In fact, virtually my only concession to criticism would be to quietly and respectfully point out that the control system itself is somewhat flawed. Your on-screen plane may capture, almost perfectly, the movements of the Wiimote in your hand, and a trio of extra moves - the speed boost, rapid brake and 180-degree turn, activated by thrusting the Wiimote, pulling it quickly back and flicking the point to the left or right - allow for a greater range of movement options, but the degree to which it accepts input is actually counter-productive, often forcing you slightly off-line when you're trying to approach something at a precise angle. Having ditched my old tactics though, I won't be adding that in a game where approaching things at a precise angle is virtually all you're asked to do with any competency, having a control system this fidgety is the sort of bad news that in any other context would have us glued to CNN for 48 hours in a row using the couch as a toilet.
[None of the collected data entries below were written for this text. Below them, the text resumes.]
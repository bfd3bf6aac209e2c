//! What a service remembers, where its variables lie, and what it does.

ghost use Rattle.std.specs.Prelude.{◌≡◌, None};

use crate::{Point, Values};
use fb_wire::{Message, Stamp};

/// What a PUBLISH or SUBSCRIBE keeps of stamps, be it open or closed: this project's profile.
#[derive(Clone, Copy)]
pub enum Stamps {
    /// In the first format, nothing.
    Unstamped,
    /// A PUBLISH: the stamp of its next message.
    Upcoming(Stamp),
    /// A PUBLISH that has sent a message with the last sequence number.
    Exhausted,
    /// A SUBSCRIBE: the stamp of the message that was admitted last.
    Latest(Stamp),
}

/// What a service remembers from one dispatch to the next: IEC 61499-1 edition 2, 6.1 and annex A, this project's profile.
#[derive(Clone, Copy)]
pub enum Standing {
    /// A PUBLISH or SUBSCRIBE that is not open.
    Closed(Stamps),
    /// A PUBLISH or SUBSCRIBE that is open.
    Ready(Stamps),
    /// A timer that does not run.
    Quiet,
    /// A timer that is due at this moment.
    Armed(u64),
    /// A timer that was due and has not expired yet.
    Fired,
    /// The others, which remember nothing.
    Plain,
}

/// What a service does outside of its device: IEC 61499-1 edition 2, 6.1, this project's profile.
#[derive(Drop)]
pub enum Effect {
    /// A PUBLISH sends a message to its channel.
    Send(Message),
    /// An OUTPUT of a number writes values.
    Write(u16, Values),
}

/// The slots of a service's variables: QI, QO, DT, SD_1 and so on, RD_1 and so on. A QI, QO or DT that it does not have has the slot behind all, and a list
/// that it does not have is empty.
#[derive(Drop)]
pub struct Ports {
    pub quality_in: usize,
    pub quality_out: usize,
    pub time: usize,
    pub sent: Vec<usize>,
    pub received: Vec<usize>,
}

/// An occurrence of an event: the event's block and number, the values of an arrival, and the moment.
#[derive(Clone, Copy)]
pub struct Occurrence<'a> {
    pub point: Point,
    pub values: &'a [i64],
    pub clock: u64,
}

/// What a dispatch comes to: what the service remembers after it, the number of the event output that it emits, and its effect.
#[derive(Drop)]
pub(crate) struct Response {
    pub(crate) standing: Standing,
    pub(crate) output: Option<u16>,
    pub(crate) effect: Option<Effect>,
}

// A dispatch that emits nothing and has no effect.
pub(crate) fn silent(standing: Standing) -> Response
    ensures { result ≡ record { standing = standing; output = None; effect = None } }
{
    Response {
        standing,
        output: None,
        effect: None,
    }
}
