//! PUBLISH and SUBSCRIBE: IEC 61499-1 edition 2, annex A, this project's profile.

ghost use Rattle.std.specs.Prelude.{◌≡◌, ◌≤◌, ◌<◌, ◌&&◌, ℕ, true, List, length, [], None, Some, if◌then◌else◌};
ghost use Rattle.std.specs.List.{AllByRecursion};
ghost use Rattle.fb_model.specs.Names.{Name};
ghost use Rattle.fb_model.specs.Values.{in_type};
ghost use Rattle.fb_model.specs.Language.{setting};
ghost use Rattle.fb_model.specs.Services.{qi, qo, sent, numbered};
ghost use Rattle.fb_model.specs.Messages.{To_channel};
ghost use Rattle.fb_model.specs.Store as store;
ghost use Rattle.fb_model.specs.Serving as book;
ghost use Rattle.st_exec.specs.Cells.{values_of, forms_of};
ghost use Rattle.st_exec.specs.Kept.{plain_slot_of, room_of};
ghost use Rattle.fb_chart.specs.Ports.{slots_of, received_in};
ghost use Rattle.fb_chart.specs.Responses.{stamps_in, condition_of, effect_of};

use crate::Store;
use crate::standing::{Effect, Ports, Response, Stamps, Standing, silent};
use crate::transfer::{is_set, receive, set_bit};
use fb_wire::{Message, Purpose, Stamp, Typed};
use fb_words::ElemType;

// Whether a PUBLISH or SUBSCRIBE is open.
fn is_open(standing: Standing) -> bool
    ensures { result ≡ book.is_ready (condition_of standing) }
{
    match standing {
        Standing::Ready(_) => true,
        _ => false,
    }
}

// What is kept of stamps.
fn stamps_of(standing: Standing) -> Stamps
    ensures { stamps_in result ≡ book.stamps_of (condition_of standing) }
{
    match standing {
        Standing::Closed(stamps) => stamps,
        Standing::Ready(stamps) => stamps,
        _ => Stamps::Unstamped,
    }
}

// Whether a PUBLISH is open and has a number for its next message, if it needs one.
fn can_send(standing: Standing) -> bool
    ensures { result ≡ book.can_send (condition_of standing) }
{
    match standing {
        Standing::Ready(Stamps::Exhausted) => false,
        Standing::Ready(_) => true,
        _ => false,
    }
}

// What is kept of stamps once a message is sent: each number of the sequence is used once.
fn after_send(stamps: Stamps) -> Stamps
    ensures { stamps_in result ≡ book.after_send (stamps_in stamps) }
{
    let Stamps::Upcoming(stamp) = stamps else {
        return stamps;
    };
    match stamp.sequence.checked_add(1) {
        Some(sequence) => Stamps::Upcoming(Stamp {
            boot: stamp.boot,
            sequence,
        }),
        None => Stamps::Exhausted,
    }
}

// INIT opens a service where QI is true, else closes it; what is kept of stamps stays. QO says which, and INITO is emitted.
pub(crate) fn open(ports: &Ports, standing: Standing, own: &mut Store) -> Response
    requires quality_in { ports.now.quality_in ≡ plain_slot_of own.old qi }
    requires quality_out { ports.now.quality_out ≡ plain_slot_of own.old qo }
    requires within { ports.now.quality_out < room_of own.old }
    ensures standing { condition_of result.standing ≡ (if book.is_true (values_of own.old qi) then store.Ready (book.stamps_of (condition_of standing)) else store.Closed (book.stamps_of (condition_of standing))) }
    ensures output { result.output ≡ Some 0 }
    ensures effect { result.effect ≡ None }
    ensures values { values_of own.new ≡ setting (values_of own.old) qo (book.bit (book.is_true (values_of own.old qi))) }
    ensures forms { forms_of own.new ≡ forms_of own.old }
{
    let stamps = stamps_of(standing);
    let quality = is_set(own, ports.quality_in);
    set_bit(own, ports.quality_out, quality);
    Response {
        standing: if quality {
            Standing::Ready(stamps)
        } else {
            Standing::Closed(stamps)
        },
        output: Some(0),
        effect: None,
    }
}

// A message to a channel that has no values yet, with the next stamp if there is one.
fn blank(channel: u16, stamps: Stamps) -> Message
    ensures { result ≡ record { purpose = To_channel; number = channel; stamp = book.stamped (stamps_in stamps); values = [] } }
{
    match stamps {
        Stamps::Upcoming(stamp) => Message::stamped(channel, stamp),
        _ => Message::new(Purpose::ToChannel, channel),
    }
}

// A message to a channel: the next stamp, and the values of variables with their types.
fn message(
    channel: u16,
    types: &[ElemType],
    slots: &[usize],
    stamps: Stamps,
    own: &Store,
) -> Message
    requires few { length types.now ≤ 16 }
    requires slots { slots.now ≡ slots_of (forms_of own.now) (numbered sent 1 types.now) }
    requires fit { AllByRecursion (λ v. in_type v.type v.value ≡ true) (book.typed_values 1 types.now (values_of own.now)) }
    ensures { result ≡ record { purpose = To_channel; number = channel; stamp = book.stamped (stamps_in stamps); values = book.typed_values 1 types.now (values_of own.now) } }
{
    let mut message = blank(channel, stamps);
    for at in 0..types.len() {
        let value = own.number(slots[at]);
        let elem = types[at];
        message.add(Typed { elem, value });
    }
    message
}

// What REQ comes to: where the PUBLISH sends, a message goes out and its number is used; else all is as it was.
fn sending(
    sends: bool,
    channel: u16,
    types: &[ElemType],
    slots: &[usize],
    standing: Standing,
    own: &Store,
) -> Response
    requires few { length types.now ≤ 16 }
    requires slots { slots.now ≡ slots_of (forms_of own.now) (numbered sent 1 types.now) }
    requires fit { AllByRecursion (λ v. in_type v.type v.value ≡ true) (book.typed_values 1 types.now (values_of own.now)) }
    ensures standing { condition_of result.standing ≡ (if sends then store.Ready (book.after_send (book.stamps_of (condition_of standing))) else condition_of standing) }
    ensures output { result.output ≡ Some 1 }
    ensures effect { effect_of result.effect ≡ (if sends then Some (book.Send (record { purpose = To_channel; number = channel; stamp = book.stamped (book.stamps_of (condition_of standing)); values = book.typed_values 1 types.now (values_of own.now) })) else None) }
{
    if !sends {
        return Response {
            standing,
            output: Some(1),
            effect: None,
        };
    }
    let stamps = stamps_of(standing);
    let effect = Effect::Send(message(channel, types, slots, stamps, own));
    Response {
        standing: Standing::Ready(after_send(stamps)),
        output: Some(1),
        effect: Some(effect),
    }
}

// REQ sends values to a channel where the service can send and QI is true. QO says whether, and CNF is emitted.
pub(crate) fn publish(
    channel: u16,
    types: &[ElemType],
    ports: &Ports,
    standing: Standing,
    own: &mut Store,
) -> Response
    requires quality_in { ports.now.quality_in ≡ plain_slot_of own.old qi }
    requires quality_out { ports.now.quality_out ≡ plain_slot_of own.old qo }
    requires within { ports.now.quality_out < room_of own.old }
    requires few { length types.now ≤ 16 }
    requires slots { ports.now.sent.items ≡ slots_of (forms_of own.old) (numbered sent 1 types.now) }
    requires fit { AllByRecursion (λ v. in_type v.type v.value ≡ true) (book.typed_values 1 types.now (values_of own.old)) }
    ensures standing { condition_of result.standing ≡ (if book.can_send (condition_of standing) && book.is_true (values_of own.old qi) then store.Ready (book.after_send (book.stamps_of (condition_of standing))) else condition_of standing) }
    ensures output { result.output ≡ Some 1 }
    ensures effect { effect_of result.effect ≡ (if book.can_send (condition_of standing) && book.is_true (values_of own.old qi) then Some (book.Send (record { purpose = To_channel; number = channel; stamp = book.stamped (book.stamps_of (condition_of standing)); values = book.typed_values 1 types.now (values_of own.old) })) else None) }
    ensures values { values_of own.new ≡ setting (values_of own.old) qo (book.bit (book.can_send (condition_of standing) && book.is_true (values_of own.old qi))) }
    ensures forms { forms_of own.new ≡ forms_of own.old }
{
    let sends = can_send(standing) && is_set(own, ports.quality_in);
    let response = sending(sends, channel, types, &ports.sent, standing, own);
    set_bit(own, ports.quality_out, sends);
    response
}

// An arrival where the service is open: QO becomes true, the values are received, and IND is emitted.
pub(crate) fn subscribe(
    ports: &Ports,
    values: &[i64],
    standing: Standing,
    own: &mut Store,
) -> Response
    requires quality_out { ports.now.quality_out ≡ plain_slot_of own.old qo }
    requires within { ports.now.quality_out < room_of own.old }
    requires few { length values.now ≤ length ports.now.received.items }
    requires all_within { AllByRecursion (λ (n : ℕ). n < room_of own.old) ports.now.received.items }
    ensures response { result ≡ record { standing = standing; output = (if book.is_ready (condition_of standing) then Some 1 else None); effect = None } }
    ensures values { (names : List Name) → ports.now.received.items ≡ slots_of (forms_of own.old) names → values_of own.new ≡ (if book.is_ready (condition_of standing) then received_in names values.now (setting (values_of own.old) qo (book.bit true)) else values_of own.old) }
    ensures forms { forms_of own.new ≡ forms_of own.old }
{
    if !is_open(standing) {
        return silent(standing);
    }
    set_bit(own, ports.quality_out, true);
    receive(&ports.received, values, own);
    Response {
        standing,
        output: Some(1),
        effect: None,
    }
}
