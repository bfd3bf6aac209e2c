//! One dispatch of a service with its emission.

ghost use Rattle.std.specs.Prelude.{◌≡◌, ◌≤◌, ◌+◌, length};
ghost use Rattle.fb_model.specs.Services.{can_emit};
ghost use Rattle.fb_model.specs.Wires.{Serviced};
ghost use Rattle.fb_model.specs.Ranges.{IsMessage};
ghost use Rattle.fb_types_services.specs.Views.{service_of};
ghost use Rattle.st_exec.specs.Cells.{values_of, forms_of};
ghost use Rattle.fb_chart.specs.Sending.{sent_to};
ghost use Rattle.fb_chart.specs.Responses.{event_at, leaf_of, effect_of};
ghost use Rattle.fb_chart.specs.Serving.{SendsFit, CanServe, HasServed};

use crate::response::reply;
use crate::standing::{Effect, Occurrence, Ports, Standing};
use crate::{Emit, Output, Store, send};
use fb_types_services::Service;

/// A service by slots and numbers: where its variables lie, and what its outputs lead to.
#[derive(Clone, Copy)]
pub struct ServiceTable<'a> {
    pub service: &'a Service,
    pub ports: &'a Ports,
    pub outputs: &'a [Output],
}

/// One dispatch of a service, whose inputs are sampled already: what it remembers after it, and what it does outside of its device.
///
/// What its event outputs reach is emitted, for which there is room; the room falls by as many.
pub fn serve<E: Emit>(
    table: &ServiceTable,
    occurrence: &Occurrence,
    standing: Standing,
    own: &mut Store,
    issued: &mut Store,
    emit: &mut E,
) -> (Standing, Option<Effect>)
    requires ready { CanServe (service_of table.now.service.now) table.now.ports.now table.now.outputs.now (forms_of own.old) (forms_of issued.old) }
    requires message { IsMessage (Serviced (service_of table.now.service.now)) occurrence.now.values.now }
    requires room { length (sent_to table.now.outputs.now (can_emit (service_of table.now.service.now) (event_at (service_of table.now.service.now) occurrence.now.point.event))) ≤ E.room emit.old }
    requires sends { SendsFit (service_of table.now.service.now) (values_of own.old) }
    ensures served { HasServed (service_of table.now.service.now) table.now.outputs.now occurrence.now.clock (event_at (service_of table.now.service.now) occurrence.now.point.event) occurrence.now.values.now (leaf_of (values_of own.old) (values_of issued.old) standing) (leaf_of (values_of own.new) (values_of issued.new) result.0) (effect_of result.1) (E.sent emit.old) (E.sent emit.new) }
    ensures own { forms_of own.new ≡ forms_of own.old }
    ensures issued { forms_of issued.new ≡ forms_of issued.old }
    ensures room { E.room emit.old + length (E.sent emit.old) ≡ E.room emit.new + length (E.sent emit.new) }
    ensures same_reference { E.reference emit.new ≡ E.reference emit.old }
{
    let response = reply(table.service, table.ports, occurrence, standing, own);
    send(table.outputs, response.output, own, issued, emit);
    (response.standing, response.effect)
}
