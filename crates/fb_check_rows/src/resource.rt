//! When each arrival fits in the queue of its resource.

ghost use Rattle.std.specs.Prelude.{◌≡◌, IfOk, IfErr, OnOk, string_bytes};
ghost use Rattle.fb_model.specs.Certificates as book;
ghost use Rattle.fb_model.specs.CertificateText.{place_of};
ghost use Rattle.fb_cert.specs.Views.{certificate_of};
ghost use Rattle.fb_types_services.specs.Views.{service_of};
ghost use Rattle.fb_check_rows.specs.Depths.{depth_of, arrival_of, IsMost, ResourceArrives, IsDepthFault, IsMemory};

use fb_cert::Certificate;
use fb_faults::Shallow;
use fb_flat::{Body, FlatResource, Leaf, joined};
use fb_types_services::Service;
use std::alloc::Global;

// The places of a WEIGHT row, 0 where there is none.
fn places(certificate: &Certificate, path: &str) -> u64
    ensures { result ≡ book.amount (λ r. r.places) (certificate_of certificate.now).weights (place_of path.now) }
{
    match certificate.weight(path) {
        Some(amount) => amount.places,
        None => 0,
    }
}

/// The places of a service's arrival, 0 where it has none.
pub fn service_places(
    alloc: Global,
    certificate: &Certificate,
    path: &str,
    service: &Service,
) -> Result<u64, Shallow>
    ensures value { IfOk result (λ n. n ≡ arrival_of (certificate_of certificate.now) path.now (service_of service.now)) }
    ensures refused { IfErr result IsMemory }
{
    match service.arrival() {
        Some(event) => {
            let row = joined(alloc, path, event)?;
            Ok(places(certificate, row.as_str()))
        }
        None => Ok(0),
    }
}

/// The places of a leaf's arrival, 0 where it has none.
pub fn arrival_places(alloc: Global, certificate: &Certificate, leaf: &Leaf) -> Result<u64, Shallow>
    ensures value { IfOk result (IsMost certificate.now leaf.now) }
    ensures refused { IfErr result IsMemory }
{
    match &leaf.body {
        Body::Basic(_) => Ok(0),
        Body::Served(service) => service_places(alloc, certificate, leaf.path.as_str(), service),
    }
}

/// The depth of a resource, 0 where it has no row.
pub fn depth(certificate: &Certificate, resource: &FlatResource) -> u64
    ensures { result ≡ depth_of certificate.now resource.now }
{
    certificate.depth(resource.path.as_str()).unwrap_or(0)
}

/// The places of each arrival of a resource are at most its depth.
pub fn arrivals_fit(
    alloc: Global,
    certificate: &Certificate,
    resource: &FlatResource,
) -> Result<(), Shallow>
    ensures fits { OnOk result (ResourceArrives certificate.now resource.now) }
    ensures refused { IfErr result (IsDepthFault certificate.now resource.now) }
{
    let depth = depth(certificate, resource);
    for leaf in &resource.leaves {
        if arrival_places(alloc, certificate, leaf)? > depth {
            return Err(Shallow::Depth(resource.path.clone()?));
        }
    }
    Ok(())
}
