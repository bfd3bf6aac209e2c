//! Values that services receive and send.

ghost use Rattle.std.specs.Prelude.{◌≡◌, ◌≤◌, ◌<◌, ℕ, List, length};
ghost use Rattle.std.specs.List.{AllByRecursion};
ghost use Rattle.fb_model.specs.Names.{Name};
ghost use Rattle.fb_model.specs.Language.{setting};
ghost use Rattle.fb_model.specs.Serving.{is_true, bit};
ghost use Rattle.st_exec.specs.Cells.{values_of, forms_of};
ghost use Rattle.st_exec.specs.Kept.{plain_slot_of, room_of};
ghost use Rattle.fb_chart.specs.Ports.{slots_of, received_in, numbers_at};

use crate::{MOST_VALUES, Store, Values};

// Whether a variable is true.
pub(crate) fn is_set(own: &Store, slot: usize) -> bool
    ensures { (x : Name) → plain_slot_of own.now x ≡ slot → result ≡ is_true (values_of own.now x) }
{
    own.number(slot) > 0
}

// A variable becomes true or false.
pub(crate) fn set_bit(own: &mut Store, slot: usize, value: bool)
    requires { slot < room_of own.old }
    ensures values { (x : Name) → plain_slot_of own.old x ≡ slot → values_of own.new ≡ setting (values_of own.old) x (bit value) }
    ensures forms { forms_of own.new ≡ forms_of own.old }
{
    if value {
        own.set_number(slot, 1);
    } else {
        own.set_number(slot, 0);
    }
}

// Variables take numbers, in order.
pub(crate) fn receive(slots: &[usize], values: &[i64], own: &mut Store)
    requires few { length values.now ≤ length slots.now }
    requires within { AllByRecursion (λ (s : ℕ). s < room_of own.old) slots.now }
    ensures values { (names : List Name) → slots.now ≡ slots_of (forms_of own.old) names → values_of own.new ≡ received_in names values.now (values_of own.old) }
    ensures forms { forms_of own.new ≡ forms_of own.old }
{
    for at in 0..values.len() {
        own.set_number(slots[at], values[at]);
    }
}

// The numbers of variables, in order.
pub(crate) fn sent_values(slots: &[usize], own: &Store) -> Values
    requires { length slots.now ≤ MOST_VALUES }
    ensures { (names : List Name) → slots.now ≡ slots_of (forms_of own.now) names → result.items ≡ numbers_at names (values_of own.now) }
{
    let mut values = Values::new();
    for slot in slots {
        values.push(own.number(*slot));
    }
    values
}
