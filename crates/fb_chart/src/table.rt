//! Blocks, events, states and variables by numbers and slots, each beside its name.

use arrayvec::ArrayVec;
use fb_types_blocks::Block as BlockType;
use fb_types_services::Service;
use st_exec::{Code, Procedure};
use std::rc::Rc;

/// The most values of one event.
pub const MOST_VALUES: usize = 16;

/// The values of one event.
pub type Values = ArrayVec<i64, 16>;

/// An event input or an arrival of a block: the block's number in its device, and the event's number in its block. Both count from 0.
#[derive(Clone, Copy)]
pub struct Point {
    pub block: u16,
    pub event: u16,
}

/// Where a data input takes its value from.
#[derive(Drop)]
pub enum Source {
    /// The data output of this name and this slot, of the block of this number in the device.
    Output(u16, String, usize),
    /// A constant: this number, or an array whose elements are all this number.
    Number(i64),
}

/// A data input that takes a value at an event: its slot, and how many slots it has.
#[derive(Drop)]
pub struct Take {
    pub input: String,
    pub slot: usize,
    pub count: usize,
    pub source: Source,
}

/// An event input or an arrival: the steps and the places of its WEIGHT row, the steps of its FAR row where the certificate has REPEATS, and the data inputs
/// that it is WITH.
#[derive(Drop)]
pub struct Event {
    pub name: String,
    pub steps: u64,
    pub places: u64,
    pub far: Option<u64>,
    pub takes: Vec<Take>,
}

/// A data output that is issued: its slot among the working values, its slot among the issued ones, and how many slots it has.
#[derive(Drop)]
pub struct Give {
    pub output: String,
    pub own: usize,
    pub issued: usize,
    pub count: usize,
}

/// An event output: where it leads, in the order of the connection text, and the data outputs that it is WITH.
#[derive(Drop)]
pub struct Output {
    pub name: String,
    pub targets: Vec<Point>,
    pub gives: Vec<Give>,
}

/// An action of a state: the number of the algorithm that it runs, and the number of the event output that it emits.
#[derive(Clone, Copy)]
pub struct Action {
    pub algorithm: Option<u16>,
    pub output: Option<u16>,
}

/// A transition that leaves a state: the numbers of the state that it enters and of its event, and its guard. Without an event and without a guard it is
/// crossed freely.
#[derive(Drop)]
pub struct Transition {
    pub target: u16,
    pub event: Option<u16>,
    pub guard: Option<Code>,
}

/// A state of a chart, with its actions in order and the transitions that leave it, in text order.
#[derive(Drop)]
pub struct State {
    pub name: String,
    pub actions: Vec<Action>,
    pub transitions: Vec<Transition>,
}

/// What runs of a chart: its states, of which the first is the initial one, and its algorithms in the order of the block type's. Instances of one
/// block type share it.
#[derive(Drop)]
pub struct ChartCode {
    pub states: Vec<State>,
    pub procedures: Vec<Procedure>,
}

/// An execution control chart: IEC 61499-1 edition 2, 5.2.1.2.
#[derive(Drop)]
pub struct Chart {
    pub block: Rc<BlockType>,
    pub code: Rc<ChartCode>,
}

/// What a block is made of.
#[derive(Drop)]
pub enum Body {
    Chart(Chart),
    /// A service interface: IEC 61499-1 edition 2, 6.1.
    Served(Service),
}

/// A basic or service instance.
#[derive(Drop)]
pub struct Block {
    /// Device, resource and instance names, joined by dots.
    pub path: String,
    /// The number of its resource.
    pub resource: u16,
    /// Its event inputs and then its arrivals, in the order of its type.
    pub events: Vec<Event>,
    /// Its event outputs, in the order of its type.
    pub outputs: Vec<Output>,
    pub body: Body,
}
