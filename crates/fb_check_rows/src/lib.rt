//! Room: checker. Whether a certificate has exactly the rows that a system must have, and whether its queues are deep enough.
//! `rows_match` and `depths_fit` accept exactly that; each refusal names a row that is unknown or missing, or a resource whose queue is too shallow.
#![tactic(auto)]

mod begin;
mod channel;
mod depth;
mod depth_law;
mod kind;
mod law;
mod matching;
mod requirement;
mod resource;

pub use begin::begin_places;
pub use channel::channel_of;
pub use depth::depths_fit;
pub use depth_law::refusals_deny;
pub use kind::RowKind;
pub use law::no_row_is_spelled_twice;
pub use matching::rows_match;
pub use requirement::required;
pub use resource::arrival_places;
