//! Room: device. One dispatch of a block: inputs are sampled, its chart or service runs to its end, and what its outputs reach is emitted.
//! `invoke` is the book's chart, `serve` its seven services, and a dispatch of a block is either: values, what is remembered, steps, effect, emissions in order.
//! Callers show that nothing traps, that there is room, and that what is sent is in its types.
#![tactic(auto)]

mod block;
mod chart;
mod dispatch;
mod emit;
mod memory;
mod quality;
mod response;
mod sampling;
mod standing;
mod table;
mod timer;
mod transfer;

pub use block::dispatch_block;
pub use chart::{Invocation, invoke};
pub use dispatch::{ServiceTable, serve};
pub use emit::{Emit, send};
pub use memory::{Condition, Memory};
pub use sampling::sample;
pub use st_exec::Store;
pub use standing::{Effect, Occurrence, Ports, Stamps, Standing};
pub use table::{
    Action, Block, Body, Chart, ChartCode, Event, Give, MOST_VALUES, Output, Point, Source, State,
    Take, Transition, Values,
};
Nor, finally, will I ram the point home by adding that Wing Island barely qualifies as a flight simulator, given that wind has no effect, you can slow to 11 knots, upside down, without stalling, and that you bounce repeatedly off the scenery as though you're being crap at a 16-bit racing game. I won't mock the two-player mode, where one of you uses the Wiimote and the other the Nunchuk, by dismissively adding that it inherits all the single-player game's inadequacies, and I certainly won't conclude that the overall game is barely worth your time, half-marks, or the evening or so you could spend extracting what slight entertainment it has to offer. I'm a new man. Get used to it.